What? You Want Us to Be Consistent?

The rule maker, Senate Majority Leader Tommy Norment, gets to decide the exceptions to the rule.

by Richard Hall-Sizemore

In 2014, Sen. Philip Puckett, a Democrat from far Southwest Virginia, was in a quandary. His daughter was vying for a juvenile and domestic relations court judgeship, to which she had already been appointed as a substitute judge. However, Republicans in the Senate, led by Sen. Tommy Norment, R-James City, were holding up her election, not based on any objection to her qualifications, but because of a tradition of not supporting family members of sitting Senators for judgeships.

Fast forward to 2019. Until yesterday there was a vacancy pending on the Virginia Supreme Court. A Republican senator from far Southwest Virginia is, according to newspaper reports, lobbied his fellow senators to elect his sister, currently a member of the Virginia Court of Appeals, to the higher post.  Norment said that situation was different because the senator’s sister had already been elected to a judgeship before her brother had been elected to the Senate.

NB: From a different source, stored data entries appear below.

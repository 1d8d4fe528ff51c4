// A lower bound on every busy length, from the rows' utilisation (docs/SPECIFICATION.md §2.4): where the iteration would
// take many short steps, it goes on from here, or sieves the ticks.
ghost use Rattle.std.specs.Prelude.{◌≡◌, ◌-◌, ◌*◌, ◌≤◌, ◌<◌, ltb};
ghost use Rattle.bounded.specs.Quotient.{ceil_div};
ghost use Rattle.edf.specs.Demand.{request};
ghost use Rattle.table.specs.Rows.{tasks_of};
ghost use Rattle.bounded.specs.Within.{Within};
ghost use Rattle.table.specs.Inverse.{Tame};
ghost use Rattle.table.specs.Sieve.{Lag};
ghost use Rattle.table.specs.Leap.{share_by, LightFilling, filling_by, Filled, leap_by, Leap, Further};

use super::fit::FitTable;
use super::inverse::Prepared;
use super::request::{ask, ceiling};
use super::sieve::sieve;

// Rows that recur, counted by their shares of time, in parts of 2 to the 32nd and rounded down; and what the others ask for.
#[derive(Clone, Copy)]
struct Filling {
    shares: u64,
    asked: u64,
}

// Whether the row k asks for more between the stretch r and the stretch b: the periods that it has begun end below b.
fn recurs(k: Prepared, r: u64, b: u64) -> bool
    requires { Tame k × (r ≤ 1000000) }
    ensures { result ≡ ltb (k.period * ceil_div r k.period) b }
{
    k.period * ceiling(r, k.period, k.inverse) < b
}

fn share(k: Prepared) -> u64
    requires { Tame k }
    ensures { Within 1000000000000 (share_by k.run k.period) result }
{
    k.run * (k.inverse - 1) / 1024
}

// f with one row more, in the stretch r: by its share if it recurs before b.
fn with_row(f: Filling, k: Prepared, r: u64, b: u64) -> Filling
    requires { LightFilling f × Tame k × (r ≤ 1000000) }
    ensures { result ≡ filling_by f k r b }
{
    if recurs(k, r, b) {
        return Filling {
            shares: f.shares + share(k),
            asked: f.asked,
        };
    }
    Filling {
        shares: f.shares,
        asked: f.asked + ask(k, r),
    }
}

fn fill(table: &FitTable, r: u64, b: u64) -> Filling
    requires { r ≤ 1000000 }
    ensures { Filled (tasks_of table.now.words.now) r b (tasks_of table.now.words.now).rows result }
{
    let n = table.rows();
    let mut f = Filling {
        shares: 0,
        asked: 0,
    };
    for i in 0..n {
        let k = table.prepare(i);
        f = with_row(f, k, r, b);
    }
    f
}

// The stretch that work w fills beside the shares u.
fn filled(u: u64, w: u64) -> u64
    ensures { result ≡ leap_by u w }
{
    if 4294967296 < u {
        return 1000001;
    }
    if w == 0 {
        return 0;
    }
    if 4294967296 <= u {
        return 1000001;
    }
    let m = w.min(1000001);
    4294967296 * m / (4294967296 - u)
}

// The bound where a row is counted by its share if it recurs below b.
fn leap_at(table: &FitTable, r: u64, b: u64) -> u64
    requires { (1 ≤ r) × (r ≤ 1000000) }
    ensures { Leap (tasks_of table.now.words.now) r result }
{
    let f = fill(table, r, b);
    filled(f.shares, f.asked)
}

// The best of the first four bounds after r, each for the rows that recur below the one before; next if none is further.
fn leaps(table: &FitTable, r: u64, next: u64) -> u64
    requires { (1 ≤ r) × (r ≤ 1000000) }
    ensures { Further (tasks_of table.now.words.now) r next result }
{
    let mut at = next;
    for _ in 0..4 {
        let b = leap_at(table, r, at);
        if b <= at {
            return at;
        }
        at = b;
    }
    at
}

// The same by the sieve: the ticks from r on as long as the request stays above.
fn sift(table: &FitTable, r: u64, next: u64) -> u64
    requires { (r ≤ 1000000) × (r < next) × (next - r < 256) × Within 16000000000000 (request (tasks_of table.now.words.now) r) next }
    ensures { Further (tasks_of table.now.words.now) r next result }
{
    let s = next - r - 1;
    r + sieve(table, r, false, s)
}

// Where the iteration goes on after r, whose request is next: there. At the 16th sum and every 64th from there on, at the bound
// if that is further. Where the steps lag behind the sieve at every 16th, and else by the sieve. Internal: its callers have
// `next` as the request.
pub fn further(table: &FitTable, r: u64, next: u64, sums: u64, lag: u64) -> u64
    requires { (1 ≤ r) × (r ≤ 1000000) × (r < next) × Lag (next - r) lag × Within 16000000000000 (request (tasks_of table.now.words.now) r) next }
    ensures { Further (tasks_of table.now.words.now) r next result }
{
    if sums % 64 == 16 {
        return leaps(table, r, next);
    }
    if lag < 256 {
        return next;
    }
    if sums % 16 == 0 {
        return leaps(table, r, next);
    }
    sift(table, r, next)
}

Not wanting to seem to give preferential treatment to family members of its colleagues, the Senate’s informal rule against supporting them for judgeships seems reasonable. But it seems that rule would apply to all judgeships, whether applying to entry level or the highest post in the judiciary.

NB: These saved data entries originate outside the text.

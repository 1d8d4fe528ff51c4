// Task tables: a lent slice of numbers, three to a row (docs/SPECIFICATION.md §2), and the opinion on it (§3).
#![tactic(auto)]

ghost use Rattle.std.specs.Prelude.{◌≡◌, min};
ghost use Rattle.table.specs.Rows.{tasks_of, Fit};
ghost use Rattle.table.specs.Busy.{or_past};
ghost use Rattle.table.specs.Verdict.{bad_length, judged_of, opinion_of};
ghost use Rattle.table.specs.Opinion.{Shows, shown_of};

pub mod budgets;
pub mod busy;
pub mod demand;
mod drop;
pub mod first;
pub mod fit;
pub mod inverse;
pub mod kind;
mod leap;
pub mod overload;
mod request;
pub mod rows;
mod settle;
mod sieve;

use first::{Counted, first};
use fit::FitTable;
use kind::Kind;

// The opinion on an admitted table: its kind, how many rows it has, and V of each, 0 past the last row.
#[derive(Clone, Copy)]
pub struct Judgement {
    pub kind: Kind,
    pub rows: usize,
    pub budgets: [i64; 16],
}

// Why a table is refused (docs/SPECIFICATION.md §3; `shown_of` gives the numbers).
#[derive(Clone, Copy)]
pub enum Refusal {
    // The slice's length, which no table has.
    Length(usize),
    // The first row that breaks its rule.
    Row(usize),
    // The first tick whose demand exceeds it, and that demand.
    Overload { at: u64, demand: u64 },
    // No busy length up to 1,000,000.
    Unsettled,
}

// What a reader of numbers sees of an opinion, but for V: its number, 0 where the table is admitted, and two values.
// `session::Numbers` has the same fields and stays apart: it is the C interface.
#[derive(Clone, Copy)]
pub struct Numbers {
    pub number: u64,
    pub first: u64,
    pub second: u64,
}

pub fn shown(opinion: Result<Judgement, Refusal>) -> Numbers
    ensures { Shows opinion result }
{
    let (number, first, second) = match opinion {
        Ok(j) => (0, u64::from(j.kind), j.rows as u64),
        Err(Refusal::Length(n)) => (1, n as u64, 0),
        Err(Refusal::Row(i)) => (2, i as u64, 0),
        Err(Refusal::Overload { at, demand }) => (3, at, demand),
        Err(Refusal::Unsettled) => (4, 1000000, 0),
    };
    Numbers {
        number,
        first,
        second,
    }
}

// Whether no table is n numbers long: 0, above 48, or no multiple of 3.
fn ill_sized(n: usize) -> bool
    ensures { result ≡ bad_length n }
{
    n == 0 || 48 < n || n % 3 != 0
}

// The end of the compared range: the busy length, or 1,000,000 if that is less or there is none.
pub fn compared(busy: Option<u64>) -> u64
    ensures { result ≡ min (or_past busy) 1000000 }
{
    match busy {
        Some(r) => r.min(1000000),
        None => 1000000,
    }
}

// The opinion on rows that keep their rule.
fn judge(words: &[u32]) -> Result<Judgement, Refusal>
    requires { Fit (tasks_of words.now) }
    ensures { shown_of result ≡ judged_of (tasks_of words.now) }
{
    let inverses = inverse::inverses_of(words);
    let table = FitTable {
        words,
        inverses: &inverses,
    };
    let rows = table.rows();
    let b = budgets::all_budgets(&table);
    let budgets = b.values;
    if b.loose {
        return Ok(Judgement {
            kind: Kind::Loose,
            rows,
            budgets,
        });
    }
    let busy = busy::busy_length(&table);
    let search = overload::search(&table, 0, compared(busy.length));
    if let Some(found) = search.found {
        let last = Counted {
            found,
            sums: search.sums,
        };
        let first = first(&table, last).found;
        return Err(Refusal::Overload {
            at: first.at,
            demand: first.demand,
        });
    }
    if busy.length.is_none() {
        return Err(Refusal::Unsettled);
    }
    let kind = if b.firm { Kind::Mixed } else { Kind::Tight };
    Ok(Judgement {
        kind,
        rows,
        budgets,
    })
}

// The opinion on any slice. No session is made: `session::start::start` does that.
pub fn opinion(words: &[u32]) -> Result<Judgement, Refusal>
    ensures { shown_of result ≡ opinion_of words.now }
{
    let n = words.len();
    if ill_sized(n) {
        return Err(Refusal::Length(n));
    }
    match rows::first_broken(words) {
        Some(i) => Err(Refusal::Row(i)),
        None => judge(words),
    }
}
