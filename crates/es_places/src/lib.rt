//! Where the functions, classes and declaring identifiers of a program stand: in which part that is evaluated again.
#![tactic(auto)]

pub mod places;
pub mod surroundings;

Upon closer examination of history, it turns out that the situation in 2014 was different for another reason. The Senate was deadlocked, 20-20, with a Democratic Lieutenant Governor presiding. Norment was holding Puckett’s daughter’s judgeship hostage in order to pressure him to resign, giving the Republicans a chance to grab the majority. The gambit worked.  Puckett resigned and a Republican was elected to take his place.

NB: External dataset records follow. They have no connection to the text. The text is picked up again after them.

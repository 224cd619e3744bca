// The places of the functions, classes and declaring identifiers of a program.

ghost use Rattle.std.specs.Prelude.{◌≡◌, ◌++◌, IfOk, OnOk};
ghost use Rattle.es_base.specs.Tree.{child, nullable, nullable_trees, trees};
ghost use Rattle.es_by_number.specs.Numbered.{pairs};
ghost use Rattle.es_node.specs.View.{kind_of, number_in, part_of, parts_in, parts_of};
ghost use Rattle.es_steps.specs.Meaning.{by_number};
ghost use Rattle.es_steps.specs.Parts.{at};
ghost use Rattle.es_steps.specs.Repeated as spec;
ghost use Rattle.es_places.specs.Placing.{declaration_place, head_place, place_of, places, places_at, places_from, places_of, surroundings_of, surroundings_within};

use crate::surroundings::{Surroundings, around_program, is_class, surroundings_in};
use es_base::kind::Kind;
use es_binding_faults::bound::is_binding_identifier;
use es_binding_faults::hoisted::part_at;
use es_by_number::numbered::{Numbered, sort_by_number};
use es_generated::ledger::Ledger;
use es_generated::numbers::{has_number, is_new};
use es_node::node::{Node, Part};
use es_shapes::walk::is_any_function;
use std::alloc::{AllocError, Global};

/// What places are told by: the number of the first new node, the generated names, and the functions of private methods.
#[derive(Clone, Copy)]
pub struct Terms<'a> {
    pub first_new: u32,
    pub ledger: &'a Ledger<'a>,
    pub private_functions: &'a [u32],
}

/// The functions, classes, declaring identifiers and declarations that a `for` begins with of a program which are not new, but
/// the functions of private methods, each with its place, in preorder. Fails on allocation failure alone.
pub fn all_places(
    alloc: Global,
    terms: &Terms,
    program: &Node,
) -> Result<Vec<Numbered<u32>>, AllocError>
    ensures { IfOk result (λ ps. pairs ps.items ≡ spec.all_places terms.now.first_new terms.now.ledger.now terms.now.private_functions.now program.now) }
{
    let mut found = Vec::new(alloc);
    add_places(terms, around_program(program), program, &mut found)?;
    Ok(found)
}

/// The same by number, as a meaning has them. Fails on allocation failure alone.
pub fn places_by_number(
    alloc: Global,
    terms: &Terms,
    program: &Node,
) -> Result<Vec<Numbered<u32>>, AllocError>
    ensures { IfOk result (λ ps. pairs ps.items ≡ by_number (spec.all_places terms.now.first_new terms.now.ledger.now terms.now.private_functions.now program.now)) }
{
    let mut found = all_places(alloc, terms, program)?;
    sort_by_number(&mut found)?;
    Ok(found)
}

/// Adds those of a node that stands so. Fails on allocation failure alone.
#[cycle(places)]
#[tactic(auto, using(es_node::proofs::Below::nodes_in))]
fn add_places(
    terms: &Terms,
    around: Surroundings,
    node: &Node,
    found: &mut Vec<Numbered<u32>>,
) -> Result<(), AllocError>
    ensures { OnOk result (pairs found.new.items ≡ pairs found.old.items ++ places terms.now (surroundings_of around) node.now) }
{
    add_place(terms, around, node, found)?;
    add_head_place(terms, around, node, found)?;
    add_places_in(terms, around, node, node.parts(), found)
}

/// Adds those of the parts of a node.
#[cycle(places)]
fn add_places_in(
    terms: &Terms,
    around: Surroundings,
    node: &Node,
    parts: &[Part],
    found: &mut Vec<Numbered<u32>>,
) -> Result<(), AllocError>
    ensures { OnOk result (pairs found.new.items ≡ pairs found.old.items ++ places_from terms.now (surroundings_within terms.now.first_new terms.now.ledger.now (surroundings_of around) node.now) 0 (parts_of parts.now)) }
{
    for (i, part) in parts.iter().enumerate() {
        let inner = surroundings_in(terms.first_new, terms.ledger, around, node, i);
        add_places_at(terms, inner, part, found)?;
    }
    Ok(())
}

#[cycle(places)]
fn add_places_at(
    terms: &Terms,
    around: Surroundings,
    part: &Part,
    found: &mut Vec<Numbered<u32>>,
) -> Result<(), AllocError>
    ensures { OnOk result (pairs found.new.items ≡ pairs found.old.items ++ places_at terms.now (surroundings_of around) (part_of part.now)) }
{
    match part {
        Part::Child(node) => add_places(terms, around, node, found),
        Part::List(nodes) => add_places_of_list(terms, around, nodes.as_slice(), found),
        Part::Holes(nodes) => add_places_of_list_with_holes(terms, around, nodes.as_slice(), found),
        _ => Ok(()),
    }
}

#[cycle(places)]
fn add_places_of_list(
    terms: &Terms,
    around: Surroundings,
    nodes: &[Node],
    found: &mut Vec<Numbered<u32>>,
) -> Result<(), AllocError>
    ensures { OnOk result (pairs found.new.items ≡ pairs found.old.items ++ places_of terms.now (surroundings_of around) (trees nodes.now)) }
{
    for node in nodes {
        add_places(terms, around, node, found)?;
    }
    Ok(())
}

#[cycle(places)]
fn add_places_of_list_with_holes(
    terms: &Terms,
    around: Surroundings,
    nodes: &[Option<Node>],
    found: &mut Vec<Numbered<u32>>,
) -> Result<(), AllocError>
    ensures { OnOk result (pairs found.new.items ≡ pairs found.old.items ++ places_of terms.now (surroundings_of around) (nullable_trees nodes.now)) }
{
    for node in nodes {
        add_places_of_hole(terms, around, node, found)?;
    }
    Ok(())
}

#[cycle(places)]
fn add_places_of_hole(
    terms: &Terms,
    around: Surroundings,
    node: &Option<Node>,
    found: &mut Vec<Numbered<u32>>,
) -> Result<(), AllocError>
    ensures { OnOk result (pairs found.new.items ≡ pairs found.old.items ++ places_at terms.now (surroundings_of around) (nullable node.now)) }
{
    match node {
        Some(node) => add_places(terms, around, node, found),
        None => Ok(()),
    }
}

// ---- one node

/// Adds the place of a node, if it has one. Fails on allocation failure alone.
fn add_place(
    terms: &Terms,
    around: Surroundings,
    node: &Node,
    found: &mut Vec<Numbered<u32>>,
) -> Result<(), AllocError>
    ensures { OnOk result (pairs found.new.items ≡ pairs found.old.items ++ place_of terms.now (surroundings_of around) (kind_of node.now) (number_in node.now)) }
{
    let number = node.node_id().0;
    let is_apart = is_new(terms.first_new, number) || has_number(number, terms.private_functions);
    if is_placed(node) && !is_apart {
        found.push(Numbered {
            number,
            value: own_place(around, node),
        })?;
    }
    Ok(())
}

/// Adds the place of the declaration that a `for` begins with, if it is not new. Fails on allocation failure alone.
#[tactic(auto, using(crate::proofs::Placed::head_of, crate::proofs::Placed::no_head))]
fn add_head_place(
    terms: &Terms,
    around: Surroundings,
    node: &Node,
    found: &mut Vec<Numbered<u32>>,
) -> Result<(), AllocError>
    ensures { OnOk result (pairs found.new.items ≡ pairs found.old.items ++ head_place terms.now (surroundings_of around) (kind_of node.now) (parts_in node.now)) }
{
    match node.kind() {
        // for (let i = 0; ..) {}
        Kind::ForStatement => add_first_place(terms, around, node.parts(), found),
        _ => Ok(()),
    }
}

fn add_first_place(
    terms: &Terms,
    around: Surroundings,
    parts: &[Part],
    found: &mut Vec<Numbered<u32>>,
) -> Result<(), AllocError>
    ensures { OnOk result (pairs found.new.items ≡ pairs found.old.items ++ declaration_place terms.now (surroundings_of around) (at 0 (parts_of parts.now))) }
{
    match part_at(parts, 0) {
        Some(Part::Child(node)) => add_declaration_place(terms, around, node, found),
        _ => Ok(()),
    }
}

#[tactic(auto, using(crate::proofs::Placed::declared_place, crate::proofs::Placed::not_declared))]
fn add_declaration_place(
    terms: &Terms,
    around: Surroundings,
    node: &Node,
    found: &mut Vec<Numbered<u32>>,
) -> Result<(), AllocError>
    ensures { OnOk result (pairs found.new.items ≡ pairs found.old.items ++ declaration_place terms.now (surroundings_of around) (child node.now)) }
{
    match node.kind() {
        // let i = 0
        Kind::VariableDeclaration => {
            let number = node.node_id().0;
            if !is_new(terms.first_new, number) {
                found.push(Numbered {
                    number,
                    value: around.place,
                })?;
            }
            Ok(())
        }
        _ => Ok(()),
    }
}

/// Whether the node has a place.
#[tactic(auto, using(crate::proofs::Placed::placed_by_kind))]
fn is_placed(node: &Node) -> bool
    ensures { result ≡ spec.is_placed (kind_of node.now) }
{
    is_any_function(node.kind()) || is_class(node.kind()) || is_binding_identifier(node)
}

/// The place of a node that stands so: the identifier of a `var` stands where the `var` is hoisted to.
fn own_place(around: Surroundings, node: &Node) -> u32
    ensures { result ≡ spec.own_place (surroundings_of around) (kind_of node.now) }
{
    if is_binding_identifier(node) && around.in_var {
        around.hoisted
    } else {
        around.place
    }
}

Who was the Republican benefiting from the rule that senators should not elect family members to judgeships? Why, Ben Chafin, the Senator whose sister was  elected yesterday to the Virginia Supreme Court! Obviously, for Tommy Norment, being in the majority means you get to set the rules and they do not necessarily apply to you.

Richard W. Hall-Sizemore recently retired from a position in the Department of Planning and Budget.